147 design_points{i}(1), design_points{i}(2), phis_at_eval{i});
148 observed_vals_at_request(i) = rast( ...
149 design_points{i}(1), design_points{i}(2), phis_at_request{i});
150end
151
152%best value of x1-parameter depending on environment
153function val = best_x1(phi)
154 val = -phi/(2*pi);
155 if abs(phi) > pi
156 val = val + sign(phi);
157 end
158end
159
160% best possible values
161best_vals = [];
162for i = 1:length(phis_at_eval)
163 phi = phis_at_eval{i};
164 best_vals(i) = rast(best_x1(phi), 0, phi);
165end
166
167subplot(1, 2, 2)
168semilogy(observed_vals,".", 'DisplayName', 'observed values')
169hold on;
170semilogy(observed_vals_at_request,".", 'DisplayName', 'observed values if no time delay')
171semilogy(best_vals, 'DisplayName', 'best possible values')
172ylim([1e-4, 1e1])
173xlabel("control iteration")
174legend()
175saveas(fig, "training_and_control.png")
Left: During the initial training phase in the first 500 iterations, the parameter space is explored leading to small and large objective values.
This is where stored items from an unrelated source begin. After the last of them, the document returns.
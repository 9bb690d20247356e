// The walk over the totals of a two-level plan.
ghost use Rattle.std.specs.Prelude.{length};
ghost use Rattle.walks.specs.Inner.Ready.{WalkableTwo};
ghost use Rattle.walks.specs.Inner.Walk.{WalkedTwo};

use super::bringing::bring_two;
use super::parts::gather;
use super::types::Sums;
use rows::Kind;

// Row and effect have one number, and all weights are 1. A turn is two effects, one for each part of the sums.
pub fn walk_two(totals: &[i64], kinds: &[Kind], rows: &mut [u64]) -> Sums
    requires { WalkableTwo totals.now kinds.now rows.old }
    ensures { WalkedTwo totals.now kinds.now (length rows.old) result rows.new }
{
    let mut parts = [0u64; 16];
    let mut sum = 0;
    for pair in 0..totals.len() / 2 {
        let e = 2 * pair;
        let first = totals[e];
        bring_two(e, first, kinds[e], 0, rows, &mut parts);
        sum += first;
        let second = totals[e + 1];
        bring_two(e + 1, second, kinds[e + 1], 1, rows, &mut parts);
        sum += second;
    }
    gather(&parts, sum)
}
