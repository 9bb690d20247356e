// The sums of the four kinds while the walk goes on. Each sum is held in two parts, to which successive effects are added in turn: an addition
// then waits for the last but one before it, and not for the last. A part's degrees stand beside its numerators, so that both are added at once.
// They are one list of 16 numbers, and no structs, since `held_in` and the courses of specs/State, of which the claim `OneWalk` speaks, are of such a list.
ghost use Rattle.std.specs.Prelude.{◌≡◌, ◌<◌};
ghost use Rattle.algebra.specs.Tab.{tab};
ghost use Rattle.rows.specs.Kinds.{code_of};
ghost use Rattle.walks.specs.State.{brought, held_in, place_of, sum_in, two_parts};
ghost use Rattle.walks.specs.Inner.Ready.{Addable, Joinable, Gatherable};

use super::types::Sums;
use rows::Kind;

// Where a part of a kind's sum stands: the first, 0, or the second, 1.
pub fn place_of(kind: Kind, half: usize) -> usize
    requires { half < 2 }
    ensures { result ≡ place_of (code_of kind) half }
{
    4 * (kind as usize) + 2 * half
}

// A numerator is added to a part, and a degree with it.
pub fn add(place: usize, numerator: u64, parts: &mut [u64])
    requires { Addable place numerator parts.old }
    ensures { parts.new ≡ brought parts.old place numerator }
{
    parts[place] += numerator;
    parts[place + 1] += 1;
}

// Both parts of a sum.
fn both(parts: &[u64], place: usize) -> u64
    requires { Joinable place parts.now }
    ensures { result ≡ two_parts parts.now place }
{
    parts[place] + parts[place + 2]
}

// The four sums of numerators, which begin at place 0, or of degrees, which begin at place 1.
fn join(parts: &[u64], first: usize) -> [u64; 4]
    requires { Gatherable parts.now × (first < 2) }
    ensures { result ≡ tab 4 (sum_in parts.now first) }
{
    [
        both(parts, first),
        both(parts, first + 4),
        both(parts, first + 8),
        both(parts, first + 12),
    ]
}

// All sums, when the walk is over.
pub fn gather(parts: &[u64], totals: i64) -> Sums
    requires { Gatherable parts.now }
    ensures { result ≡ held_in parts.now totals }
{
    let numerators = join(parts, 0);
    let degrees = join(parts, 1);
    Sums {
        numerators,
        degrees,
        totals,
    }
}
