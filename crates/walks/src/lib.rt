// The walk over the totals: rows and sums of the table, formed in one go that reads each total once.
//
//   walk(p, totals, marks, rows)   writes the rows, and answers the sums
//   Sums                           numerators and degrees of the four kinds of rows, and the sum of the totals
//   square(x)                      a square
#![tactic(auto)]

mod bringing;
mod parts;
mod squares;
mod three_levels;
mod two_levels;
mod types;
mod walking;

pub use squares::square;
pub use types::Sums;
pub use walking::walk;
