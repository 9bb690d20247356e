// What one effect brings to rows and sums: the body of the walk.
ghost use Rattle.std.specs.Prelude.{◌≡◌, ◌*◌, nat_abs, set};
ghost use Rattle.rows.specs.Kinds.{code_of};
ghost use Rattle.walks.specs.State.{brought, place_of, plus_at};
ghost use Rattle.walks.specs.Inner.Ready.{BringsTwo, BringsThree};

use super::parts::{add, place_of};
use super::squares::{numerator, square};
use rows::Kind;

// At two levels an effect is the only one of its row, which has its number, and its numerator is its total squared.
pub fn bring_two(
    effect: usize,
    total: i64,
    kind: Kind,
    half: usize,
    rows: &mut [u64],
    parts: &mut [u64],
)
    requires { BringsTwo effect total kind half rows.old parts.old }
    ensures rows_after { rows.new ≡ set rows.old effect (nat_abs total * nat_abs total) }
    ensures parts_after { parts.new ≡ brought parts.old (place_of (code_of kind) half) (nat_abs total * nat_abs total) }
{
    let n = square(total);
    rows[effect] = n;
    add(place_of(kind, half), n, parts);
}

// At three levels a row has several effects, and the numerators of all are added.
pub fn bring_three(
    row: usize,
    total: i64,
    weight: u32,
    kind: Kind,
    half: usize,
    rows: &mut [u64],
    parts: &mut [u64],
)
    requires { BringsThree row total weight kind half rows.old parts.old }
    ensures rows_after { rows.new ≡ plus_at rows.old row (nat_abs total * nat_abs total * weight) }
    ensures parts_after { parts.new ≡ brought parts.old (place_of (code_of kind) half) (nat_abs total * nat_abs total * weight) }
{
    let n = numerator(total, weight);
    let before = rows[row];
    rows[row] = before + n;
    add(place_of(kind, half), n, parts);
}
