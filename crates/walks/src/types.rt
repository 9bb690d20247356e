// What the walk answers.

// Numerators and degrees of the four kinds of rows, by the kind's number, and the sum of the totals. (Two arrays, and none of pairs, since `sums_by` and
// `source_in` of the claim `OneWalk` read these fields.)
#[derive(Clone, Copy)]
pub struct Sums {
    pub numerators: [u64; 4],
    pub degrees: [u64; 4],
    pub totals: i64,
}
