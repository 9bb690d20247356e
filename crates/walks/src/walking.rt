// The walk over the totals of a plan, by its levels.
ghost use Rattle.std.specs.Prelude.{◌≡◌, length};
ghost use Rattle.contrasts.specs.Columns.{read};
ghost use Rattle.plan.specs.Plan.{runs_of};
ghost use Rattle.walks.specs.After.{rows_after, sums_after};
ghost use Rattle.walks.specs.Ready.{PlanWalkable};
ghost use Rattle.walks.specs.State.{zeros};

use super::three_levels::walk_three;
use super::two_levels::walk_two;
use super::types::Sums;
use effects::{put_rows, put_weights};
use plan::Plan;
use rows::kinds;

// All rows are 0.
#[tactic(auto, using(crate::proofs::Walked::cleared))]
fn clear(rows: &mut [u64])
    ensures { rows.new ≡ zeros (length rows.old) }
{
    rows.fill(0);
}

// All totals of a plan: each brings its numerator to its row and to the sum of its row's kind, and a degree with it.
// The arms take different lists, and each is a loop of its own for speed: no trait would be plainer.
pub fn walk(p: Plan, totals: &[i64], marks: &[u8], rows: &mut [u64]) -> Sums
    requires { PlanWalkable p totals.now rows.old }
    ensures value { result ≡ sums_after p (read totals.now) marks.now (runs_of p) }
    ensures rows_after { rows.new ≡ rows_after p (read totals.now) (runs_of p) }
{
    clear(rows);
    let kinds = kinds(p, marks);
    if p.levels == 2 {
        return walk_two(totals, &kinds, rows);
    }
    let mut effects = [0u16; 1024];
    put_rows(p, &mut effects);
    let mut weights = [0u32; 1024];
    put_weights(p, &mut weights);
    walk_three(totals, &effects, &weights, &kinds, rows)
}
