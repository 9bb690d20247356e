// The walk over the totals of a three-level plan.
ghost use Rattle.std.specs.Prelude.{length};
ghost use Rattle.walks.specs.Inner.Ready.{WalkableThree};
ghost use Rattle.walks.specs.Inner.Walk.{WalkedThree};

use super::bringing::bring_three;
use super::parts::gather;
use super::types::Sums;
use rows::Kind;

// Each effect has a row and a weight. The parts of the sums take turns.
pub fn walk_three(
    totals: &[i64],
    effects: &[u16],
    weights: &[u32],
    kinds: &[Kind],
    rows: &mut [u64],
) -> Sums
    requires { WalkableThree totals.now effects.now weights.now kinds.now rows.old }
    ensures { WalkedThree totals.now effects.now weights.now kinds.now (length rows.old) result rows.new }
{
    let mut parts = [0u64; 16];
    let mut sum = 0;
    for (e, total) in totals.iter().enumerate() {
        let total = *total;
        let row = effects[e] as usize;
        bring_three(row, total, weights[e], kinds[row], e % 2, rows, &mut parts);
        sum += total;
    }
    gather(&parts, sum)
}
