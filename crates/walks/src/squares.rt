// Squares, and numerators of effects.
ghost use Rattle.std.specs.Prelude.{◌≡◌, ◌*◌, nat_abs};
ghost use Rattle.walks.specs.Ready.{Squarable};
ghost use Rattle.walks.specs.Inner.Ready.{Weighable};

pub fn square(x: i64) -> u64
    requires { Squarable x }
    ensures { result ≡ nat_abs x * nat_abs x }
{
    (x * x) as u64
}

// A total squared times its weight.
pub fn numerator(total: i64, weight: u32) -> u64
    requires { Weighable total weight }
    ensures { result ≡ nat_abs total * nat_abs total * weight }
{
    square(total) * (weight as u64)
}
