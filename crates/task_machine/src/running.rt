ghost use Rattle.std.specs.Prelude.{◌≡◌, Some, take, drop};
ghost use Rattle.task_code.specs.Does.{is_take};

use crate::action::{Action, Change};
use crate::arrival::{bring, bring_tick, is_due};
use crate::execute::next;
use crate::lock::Lock;
use crate::message::Message;
use crate::own::Own;
use crate::queue::Queue;
use crate::start::{first_locks, first_parts, first_queues, no_locks, signal_messages};
use sqlite_items::Items;
use std::alloc::Global;
use std::collections::VecDeque;
use std::marker::Model;
use task_code::{Instr, Program};
use tower_syntax::{Entry, Events, Mark, SourceKind};
use tower_types::NoMemory;

/// A machine that runs. It has the messages of the signals that are to come, so that no step takes memory.
#[derive(Drop)]
pub struct Running {
    program: Program,
    events: Events,
    messages: VecDeque<Items<i128>>,
    tasks: Vec<Own>,
    locks: Vec<Lock>,
    queues: Vec<Queue>,
    holds: Vec<Option<u32>>,
    place: usize,
    ticks: u64,
    last: Option<Turn>,
}

/// A step of a task: whether its instruction was visible, and what OUT wrote.
#[derive(Clone, Copy, Debug)]
pub struct Turn {
    pub task: u32,
    pub visible: bool,
    pub wrote: Option<Piece>,
}

/// So many private words of a task from an address on, which an output got.
#[derive(Clone, Copy, Debug)]
pub struct Piece {
    pub output: u32,
    pub at: usize,
    pub words: usize,
}

impl Model for Running {
    ghost use Rattle.tower_syntax.specs.View.{events_of};
    ghost use Rattle.task_machine.specs.State.{State};
    ghost use Rattle.std.specs.Coded.{codes};
    ghost use Rattle.tower_types.specs.contracts.value.Value as value;

    ghost Value = { State };

    ghost coded = { Prim.hlevel (codes, value.the_row.coded) };

    ghost use Rattle.task_machine.specs.View.{machine_of, state_of, IsRunning};

    ghost view = { λ r. state_of r.program r.events (machine_of r.tasks.items r.locks.items r.queues.items r.place) r.tasks.items r.last };

    ghost invariant = { λ r. IsRunning r.program r.events r.tasks.items r.locks.items r.queues.items r.messages.items r.holds.items r.ticks r.place r.last };
}

impl Running {
    ghost use Rattle.std.specs.Prelude.{◌≡◌, IfOk};
    ghost use Rattle.tower_syntax.specs.View.{events_of};
    ghost use Rattle.task_code.specs.Fits.{Fits};
    ghost use Rattle.task_machine.specs.State.{start};

    /// The machine at its start. It takes all memory that it ever uses; on a refusal both arguments are dropped.
    pub fn new(alloc: Global, program: Program, events: Events) -> Result<Running, NoMemory>
        requires { Fits program (events_of events) }
        ensures { IfOk result (λ r. r ≡ start program events) }
    {
        let messages = signal_messages(alloc, events.entries.as_slice())?;
        let tasks = first_parts(alloc, program.tasks())?;
        let locks = first_locks(alloc, program.monitors())?;
        let queues = first_queues(
            alloc,
            events.kinds.as_slice(),
            events.depths.as_slice(),
            events.entries.as_slice(),
        )?;
        let holds = no_locks(alloc, program.tasks().len())?;
        Ok(Running {
            program,
            events,
            messages,
            tasks,
            locks,
            queues,
            holds,
            place: 0,
            ticks: 0,
            last: None,
        })
    }
}

impl Running {
    ghost use Rattle.std.specs.Prelude.{◌≡◌, ◌+◌, ◌<◌, ◌^◌, length, slice_get, Some, IfSome};
    ghost use Rattle.task_code.specs.declared.program.Task.{Task};
    ghost use Rattle.task_code.specs.Own.{Own as OwnPart};
    ghost use Rattle.task_machine.specs.Action.{effect, changed, HasRoom, IsWithin, CanGoOn};
    ghost use Rattle.task_machine.specs.State.{does_next, turned};
    ghost use Rattle.task_machine.specs.Noted.{IsNext, touched_by};

    /// What the next instruction of a task comes to.
    pub fn action(&self, x: usize) -> Action
        requires { x < length self.now.program.tasks }
        ensures { IsNext self.now x result }
    {
        let task = &self.program.tasks()[x];
        next(&self.tasks[x], &self.program, task)
    }

    /// The monitor whose lock the next instruction of a task takes or gives back.
    pub fn touched(&self, x: usize, action: Action) -> Option<u32>
        requires task { x < length self.now.program.tasks }
        requires next { IsNext self.now x action }
        ensures monitor { result ≡ touched_by (does_next self.now x) }
        ensures below { IfSome result (λ m. m < length self.now.program.monitors) }
    {
        match action {
            Action::Lock(monitor) => Some(monitor),
            Action::Unlock => self.holds[x],
            Action::Stuck => None,
            Action::Private(_) => None,
            Action::Take(_) => None,
            Action::Out(_, _, _) => None,
        }
    }
}

impl Running {
    ghost use Rattle.std.specs.Prelude.{◌≡◌, ◌<◌, Bool, true, false, Option, Some, None, not, length, nat_lt, slice_get};
    ghost use Rattle.tower_syntax.specs.Arrival.{is_init};
    ghost use Rattle.tower_syntax.specs.View.{events_of};
    ghost use Rattle.task_code.specs.declared.program.Task.{Task};
    ghost use Rattle.task_code.specs.Own.{Own as OwnPart};
    ghost use Rattle.task_code.specs.Does.{at_take};
    ghost use Rattle.task_code.specs.Machine.{queue};
    ghost use Rattle.task_code.specs.Standing.{is_clear, is_ready, at_lock, kind_at};

    /// The number of sources, which is that of the tasks.
    pub fn sources(&self) -> usize
        ensures kinds { result ≡ length (events_of self.now.events).kinds }
        ensures tasks { result ≡ length self.now.program.tasks }
        ensures parts { result ≡ length self.now.machine.tasks }
        ensures queues { result ≡ length self.now.machine.queues }
    {
        self.events.kinds.len()
    }

    pub fn is_init(&self, x: usize) -> bool
        ensures { result ≡ is_init (kind_at (events_of self.now.events) x) }
    {
        match sqlite_items::at(self.events.kinds.as_slice(), x) {
            Some(SourceKind::Init) => true,
            Some(SourceKind::Period(_)) => false,
            Some(SourceKind::Signal) => false,
            None => false,
        }
    }

    /// Does a message wait for a source.
    pub fn has_message(&self, x: usize) -> bool
        ensures { result ≡ nat_lt 0 (length (queue self.now.machine x)) }
    {
        x < self.queues.len() && self.queues[x].len() > 0
    }

    /// The number of monitors.
    pub fn monitors(&self) -> usize
        ensures { result ≡ length self.now.program.monitors }
    {
        self.program.monitors().len()
    }

    /// Is the lock of a monitor free.
    pub fn is_free(&self, m: usize) -> bool
        ensures { result ≡ is_ready (at_lock m (slice_get self.now.machine.locks m)) }
    {
        m < self.locks.len() && self.locks[m].words().is_some()
    }

    /// Is a task at TAKE, with an empty queue.
    pub fn is_clear(&self, x: usize) -> bool
        requires { x < length self.now.program.tasks }
        ensures clear { (t : Task) → (own : OwnPart) → slice_get self.now.program.tasks x ≡ Some t → slice_get self.now.machine.tasks x ≡ Some own → result ≡ is_clear t own (queue self.now.machine x) }
        ensures part { x < length self.now.machine.tasks }
        ensures queue { x < length self.now.machine.queues }
    {
        self.is_at_take(x) && !self.has_message(x)
    }

    fn is_at_take(&self, x: usize) -> bool
        requires { x < length self.now.program.tasks }
        ensures at { (t : Task) → (own : OwnPart) → slice_get self.now.program.tasks x ≡ Some t → slice_get self.now.machine.tasks x ≡ Some own → result ≡ at_take t own }
        ensures part { x < length self.now.machine.tasks }
        ensures queue { x < length self.now.machine.queues }
    {
        let task = &self.program.tasks()[x];
        match sqlite_items::at(task.code.as_slice(), self.tasks[x].place()) {
            Some(instr) => is_take(*instr),
            None => false,
        }
    }
}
In the control phase, only small objective values are observed. Right: The observed values (blue dots) agree well with the lowest achievable values (green line). Most of the deviations are due to the time offset between the request of a new suggestion for a given environment value \(\phi\) and the actual evaluation of the Rastrigin function about a second later. To see this, the values that would have been observed at the time of request are shown as orange dots.